▶ [Assignment]
Output a verbatim copy of the data, cut off after the line that contains "use boogie_file::BoogieRefusal;".

▶ [Data shown]
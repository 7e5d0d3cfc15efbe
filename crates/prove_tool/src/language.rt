// The language of a file.
ghost use Rattle.std.specs.Prelude.{◌≡◌};
ghost use Rattle.prove_tool.specs.Parts.{too_long};
ghost use Rattle.prove_tool.specs.Subject.{most_bytes};

use crate::refusal::ProveRefusal;
use boogie_file::BoogieRefusal;
use vb_base::limits::{MAX_BOOGIE_BYTES, MAX_VIPER_BYTES};
use viper_file::ViperRefusal;

/// The language of a file.
#[derive(Clone, Copy, Debug, PartialEq, Eq)]
pub enum Language {
    /// A file of Viper. Its units are the methods and predicates with a body.
    Viper,
    /// A text of Boogie. Its units are the procedures.
    Boogie,
}

impl Language {
    /// The most bytes of a file.
    pub fn most_bytes(self) -> usize
        ensures { result ≡ most_bytes self }
    {
        match self {
            Language::Viper => MAX_VIPER_BYTES,
            Language::Boogie => MAX_BOOGIE_BYTES,
        }
    }

    /// The refusal of a file that has more bytes.
    pub fn too_long(self) -> ProveRefusal
        ensures { result ≡ too_long self }
    {
        match self {
            Language::Viper => ProveRefusal::Viper(ViperRefusal::Size),
            Language::Boogie => ProveRefusal::Boogie(BoogieRefusal::Size),
        }
    }
}
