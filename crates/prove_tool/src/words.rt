// The commands that words ask for.
ghost use Rattle.std.specs.Prelude.{◌≡◌, map};
ghost use Rattle.std.specs.Char.{is_ascii_digit};
ghost use Rattle.std.specs.List.{list_all};
ghost use Rattle.std.specs.Option.{option_map};
ghost use Rattle.std.specs.String.{string_bytes};
ghost use Rattle.prove_tool.specs.Command.{number_in, command_of_two, command_of_three, command_for};
ghost use Rattle.prove_tool.specs.Parts.{command_of};

use crate::language::Language;

/// What the words of a call ask for. A budget that is not given is None.
#[derive(Clone, Copy)]
pub enum ProveCommand<'a> {
    /// `prove FILE [STEPS]`, `prove-boogie FILE [STEPS]`: what a search shows of the units of a file.
    Prove(Language, &'a str, Option<u64>),
    /// `certificates FILE [STEPS]`, `certificates-boogie FILE [STEPS]`: the certificates that a search finds.
    Certificates(Language, &'a str, Option<u64>),
    /// `certify FILE CERTIFICATES`, `certify-boogie FILE CERTIFICATES`: what the certificates of another file show.
    Certify(Language, &'a str, &'a str),
    /// `conditions FILE`, `conditions-boogie FILE`: the conditions of the units.
    Conditions(Language, &'a str),
    /// `values FILE [STEPS]`, `values-boogie FILE [STEPS]`: the values that a search finds, at which units fail.
    Values(Language, &'a str, Option<u64>),
}

/// The command that the words ask for, if they are one.
pub fn command_of(words: &[String]) -> Option<ProveCommand>
    ensures { option_map command_of result ≡ command_for (map string_bytes words.now) }
{
    match words {
        [word, file] => command_of_two(word.as_str(), file.as_str()),
        [word, file, third] => command_of_three(word.as_str(), file.as_str(), third.as_str()),
        _ => None,
    }
}

/// The command that two words ask for, if they are one.
fn command_of_two<'a>(word: &str, file: &'a str) -> Option<ProveCommand<'a>>
    ensures { option_map command_of result ≡ command_of_two word.now file.now }
{
    if word == "prove" {
        Some(ProveCommand::Prove(Language::Viper, file, None))
    } else if word == "certificates" {
        Some(ProveCommand::Certificates(Language::Viper, file, None))
    } else if word == "conditions" {
        Some(ProveCommand::Conditions(Language::Viper, file))
    } else if word == "values" {
        Some(ProveCommand::Values(Language::Viper, file, None))
    } else if word == "prove-boogie" {
        Some(ProveCommand::Prove(Language::Boogie, file, None))
    } else if word == "certificates-boogie" {
        Some(ProveCommand::Certificates(Language::Boogie, file, None))
    } else if word == "conditions-boogie" {
        Some(ProveCommand::Conditions(Language::Boogie, file))
    } else if word == "values-boogie" {
        Some(ProveCommand::Values(Language::Boogie, file, None))
    } else {
        None
    }
}

/// The command that three words ask for, if they are one.
fn command_of_three<'a>(word: &str, file: &'a str, third: &'a str) -> Option<ProveCommand<'a>>
    ensures { option_map command_of result ≡ command_of_three word.now file.now third.now }
{
    if word == "certify" {
        return Some(ProveCommand::Certify(Language::Viper, file, third));
    }
    if word == "certify-boogie" {
        return Some(ProveCommand::Certify(Language::Boogie, file, third));
    }
    let Some(steps) = number_in(third) else {
        return None;
    };
    if word == "prove" {
        Some(ProveCommand::Prove(Language::Viper, file, Some(steps)))
    } else if word == "certificates" {
        Some(ProveCommand::Certificates(Language::Viper, file, Some(steps)))
    } else if word == "values" {
        Some(ProveCommand::Values(Language::Viper, file, Some(steps)))
    } else if word == "prove-boogie" {
        Some(ProveCommand::Prove(Language::Boogie, file, Some(steps)))
    } else if word == "certificates-boogie" {
        Some(ProveCommand::Certificates(Language::Boogie, file, Some(steps)))
    } else if word == "values-boogie" {
        Some(ProveCommand::Values(Language::Boogie, file, Some(steps)))
    } else {
        None
    }
}

/// The most digits of a number.
const MOST_DIGITS: usize = 18;

/// The number that a word is, if it is one to eighteen digits.
fn number_in(word: &str) -> Option<u64>
    ensures { result ≡ number_in word.now }
{
    if 1 <= word.len() && word.len() <= MOST_DIGITS && are_digits(word.as_bytes()) {
        word.parse::<u64>().ok()
    } else {
        None
    }
}

fn are_digits(bytes: &[u8]) -> bool
    ensures { result ≡ list_all is_ascii_digit bytes.now }
{
    bytes.iter().all(|b| b.is_ascii_digit())
}
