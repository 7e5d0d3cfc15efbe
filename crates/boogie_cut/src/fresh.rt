// Names of further locals.
ghost use Rattle.std.specs.Prelude.{◌≡◌, ◌+◌, ◌++◌, ◌∷◌, [], length, IfOk, OnOk};
ghost use Rattle.boogie_tree.specs.Whole.{local_of, locals_of, type_of};
ghost use Rattle.boogie_cut.specs.Fresh.{free_number, fresh_locals, is_a, is_among, numbered};
ghost use Rattle.boogie_cut.specs.View.{AreNoted, IsNoted, a_names, types_of_all};

use crate::copies::bases;
use crate::pieces::behind;
use boogie_tree::{BType, Local};
use indexmap::IndexSet;
use std::alloc::Global;
use symbol_table::{Digest, NameKey};
use vb_base::{Ident, Memory};

/// Whether a name begins with an `a`, as numbered ones do.
fn is_a(name: &Ident) -> bool
    ensures { result ≡ is_a name.now }
{
    match name.bytes().first() {
        Some(byte) => *byte == b'a',
        None => false,
    }
}

/// A key that comes of the names of all these.
fn key_of(locals: &[Local]) -> NameKey {
    let mut digest = Digest::new();
    for local in locals {
        digest.add(local.name.bytes());
    }
    digest.key()
}

/// Those of the locals' names that begin with an `a`.
#[derive(Drop)]
struct Taken<'a> {
    locals: &'a [Local],
    names: IndexSet<Ident, NameKey>,
    /// How many locals have them.
    many: usize,
    ghost are_noted: { AreNoted names.keys many (a_names locals.now) },
}

/// Notes the name where it begins with an `a`. What is given back is how many were noted.
fn note(name: &Ident, names: &mut IndexSet<Ident, NameKey>) -> Result<usize, Memory>
    ensures { IfOk result (λ n. IsNoted name.now names.old.keys names.new.keys n) }
{
    if !is_a(name) {
        return Ok(0);
    }
    names.insert(name.copy()?)?;
    Ok(1)
}

impl<'a> Taken<'a> {
    /// The names of these locals.
    fn of(alloc: Global, locals: &'a [Local]) -> Result<Taken<'a>, Memory>
        ensures { IfOk result (λ taken. taken.locals.now ≡ locals.now) }
    {
        let mut names = IndexSet::with_hasher(alloc, key_of(locals));
        let mut many = 0;
        for local in locals {
            let new = note(&local.name, &mut names)?;
            many = behind(many, new)?;
        }
        Ok(Taken {
            locals,
            names,
            many,
        })
    }

    fn len(&self) -> usize
        ensures { result ≡ length (a_names self.now.locals.now) }
    {
        self.many
    }

    fn has(&self, name: &Ident) -> bool
        ensures { result ≡ is_among name.now (a_names self.now.locals.now) }
    {
        self.names.contains(name)
    }
}

/// `a` and a number.
fn numbered(alloc: Global, number: usize) -> Result<Ident, Memory>
    ensures { IfOk result (λ name. name ≡ numbered number) }
{
    let digits = format!(in alloc; "{number}")?;
    Ident::joined(alloc, b"a", digits.as_bytes())
}

/// Whether the name of this number is taken.
fn is_taken(alloc: Global, taken: &Taken<'_>, number: usize) -> Result<bool, Memory>
    ensures { IfOk result (λ b. b ≡ is_among (numbered number) (a_names taken.now.locals.now)) }
{
    let name = numbered(alloc, number)?;
    Ok(taken.has(&name))
}

/// The first number from this one on whose name is not taken.
fn free_number(alloc: Global, taken: &Taken<'_>, first: usize) -> Result<usize, Memory>
    ensures { IfOk result (λ n. n ≡ free_number (length (a_names taken.now.locals.now)) first (a_names taken.now.locals.now)) }
{
    let mut number = first;
    for _ in 0..taken.len() {
        if !is_taken(alloc, taken, number)? {
            return Ok(number);
        }
        number = behind(number, 1)?;
    }
    Ok(number)
}

/// One more local, of this type, with the first name from this number on that is not taken. What is given back is the number behind.
fn add_fresh(
    alloc: Global,
    taken: &Taken<'_>,
    first: usize,
    ty: BType,
    locals: &mut Vec<Local>,
) -> Result<usize, Memory>
    ensures next { IfOk result (λ n. n ≡ free_number (length (a_names taken.now.locals.now)) first (a_names taken.now.locals.now) + 1) }
    ensures local { OnOk result (locals_of locals.new.items ≡ locals_of locals.old.items
        ++ record { name = numbered (free_number (length (a_names taken.now.locals.now)) first (a_names taken.now.locals.now)); ty = type_of ty } ∷ []) }
{
    let number = free_number(alloc, taken, first)?;
    let next = behind(number, 1)?;
    let name = numbered(alloc, number)?;
    locals.push(Local { name, ty })?;
    Ok(next)
}

fn copy_local(alloc: Global, local: &Local) -> Result<Local, Memory>
    ensures { IfOk result (λ l. local_of l ≡ local_of local.now) }
{
    let name = local.name.copy()?;
    let keys = bases(alloc, &local.ty.keys)?;
    let base = local.ty.base;
    Ok(Local {
        name,
        ty: BType { keys, base },
    })
}

fn copy_locals(alloc: Global, locals: &[Local]) -> Result<Vec<Local>, Memory>
    ensures { IfOk result (λ ls. locals_of ls.items ≡ locals_of locals.now) }
{
    let mut copies = Vec::with_capacity(alloc, locals.len())?;
    for local in locals {
        copies.push(copy_local(alloc, local)?)?;
    }
    Ok(copies)
}

/// A procedure's own locals, and behind them one of each of these types, under names that are none of theirs.
pub(crate) fn with_fresh(
    alloc: Global,
    own: &[Local],
    types: Vec<BType>,
) -> Result<Vec<Local>, Memory>
    ensures { IfOk result (λ ls. locals_of ls.items ≡ locals_of own.now ++ fresh_locals (a_names own.now) 0 (types_of_all types.items)) }
{
    let taken = Taken::of(alloc, own)?;
    let mut locals = copy_locals(alloc, own)?;
    let mut next = 0;
    for ty in types {
        next = add_fresh(alloc, &taken, next, ty, &mut locals)?;
    }
    Ok(locals)
}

▶ [Response to this exercise]
repository 7e5d0d3cfc15efbe
filename crates/prove_tool/src/language.rt
// The language of a file.
ghost use Rattle.std.specs.Prelude.{◌≡◌};
ghost use Rattle.prove_tool.specs.Parts.{too_long};
ghost use Rattle.prove_tool.specs.Subject.{most_bytes};

use crate::refusal::ProveRefusal;
use boogie_file::BoogieRefusal;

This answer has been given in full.